== Records ==
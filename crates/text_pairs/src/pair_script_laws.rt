//! What the definition of the language means, apart from how it computes.
ghost use Rattle.std.specs.Prelude.{◌≡◌, ◌↔◌, ℕ, List, Ok, Err};
ghost use Rattle.std.specs.Str.Lines.{lines};
ghost use Rattle.text_lines.specs.FirstFault.{IsFirstFault};
ghost use Rattle.text_scripts.specs.declared.script_read.script_fault.LineFault.{LineFault};
ghost use Rattle.text_scripts.specs.declared.script_read.script_fault.ScriptFault.TheVariants.{Line};
ghost use Rattle.law_pair.specs.Common.{IsPair};
ghost use Rattle.text_pairs.specs.declared.script_pair.PairFault.{PairFault};
ghost use Rattle.text_pairs.specs.declared.script_pair.ScriptPair.{ScriptPair};
ghost use Rattle.text_pairs.specs.PairTextLines.{of_script, no_division, nothing_said, pair_lines};
ghost use Rattle.text_pairs.specs.PairOfText.{pair_of};

/// A text has the fault of a line exactly where that line is faulty after lines none of which is, or where no line is
/// faulty and one is missing at the end: a line of the configuration of either script, or the one that divides.
pub fn fault_law()
    ensures line { (text : List ℕ) (number : ℕ) (fault : LineFault) →
        (pair_of text ≡ Err (PairFault.Script (Line number fault)))
        ↔ IsFirstFault pair_lines 1 nothing_said (lines text) number (of_script fault) }
    ensures undivided { (text : List ℕ) (number : ℕ) →
        (pair_of text ≡ Err (PairFault.Undivided number))
        ↔ IsFirstFault pair_lines 1 nothing_said (lines text) number no_division }
{}

/// A text that says two scripts, however long, says a pair: each of them can be walked, neither loses return packets by
/// itself or has event lines, their lags are the same and at most 256, and their ticks are the same.
pub fn valid_law()
    ensures { (text : List ℕ) (pair : ScriptPair) → pair_of text ≡ Ok pair →
        IsPair pair.there pair.back }
{}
===
Work instructions — Produce the entries again, character for character.

Answer to this problem —
filename crates/text_pairs/src/pair_script_laws.rt
//! What the definition of the language means, apart from how it computes.
ghost use Rattle.std.specs.Prelude.{◌≡◌, ◌↔◌, ℕ, List, Ok, Err};
ghost use Rattle.std.specs.Str.Lines.{lines};
ghost use Rattle.text_lines.specs.FirstFault.{IsFirstFault};
ghost use Rattle.text_scripts.specs.declared.script_read.script_fault.LineFault.{LineFault};
ghost use Rattle.text_scripts.specs.declared.script_read.script_fault.ScriptFault.TheVariants.{Line};
ghost use Rattle.law_pair.specs.Common.{IsPair};
ghost use Rattle.text_pairs.specs.declared.script_pair.PairFault.{PairFault};
ghost use Rattle.text_pairs.specs.declared.script_pair.ScriptPair.{ScriptPair};
ghost use Rattle.text_pairs.specs.PairTextLines.{of_script, no_division, nothing_said, pair_lines};
ghost use Rattle.text_pairs.specs.PairOfText.{pair_of};

/// A text has the fault of a line exactly where that line is faulty after lines none of which is, or where no line is
/// faulty and one is missing at the end: a line of the configuration of either script, or the one that divides.
pub fn fault_law()
    ensures line { (text : List ℕ) (number : ℕ) (fault : LineFault) →
        (pair_of text ≡ Err (PairFault.Script (Line number fault)))
        ↔ IsFirstFault pair_lines 1 nothing_said (lines text) number (of_script fault) }
    ensures undivided { (text : List ℕ) (number : ℕ) →
        (pair_of text ≡ Err (PairFault.Undivided number))
        ↔ IsFirstFault pair_lines 1 nothing_said (lines text) number no_division }
{}

/// A text that says two scripts, however long, says a pair: each of them can be walked, neither loses return packets by
/// itself or has event lines, their lags are the same and at most 256, and their ticks are the same.
pub fn valid_law()
    ensures { (text : List ℕ) (pair : ScriptPair) → pair_of text ≡ Ok pair →
        IsPair pair.there pair.back }
{}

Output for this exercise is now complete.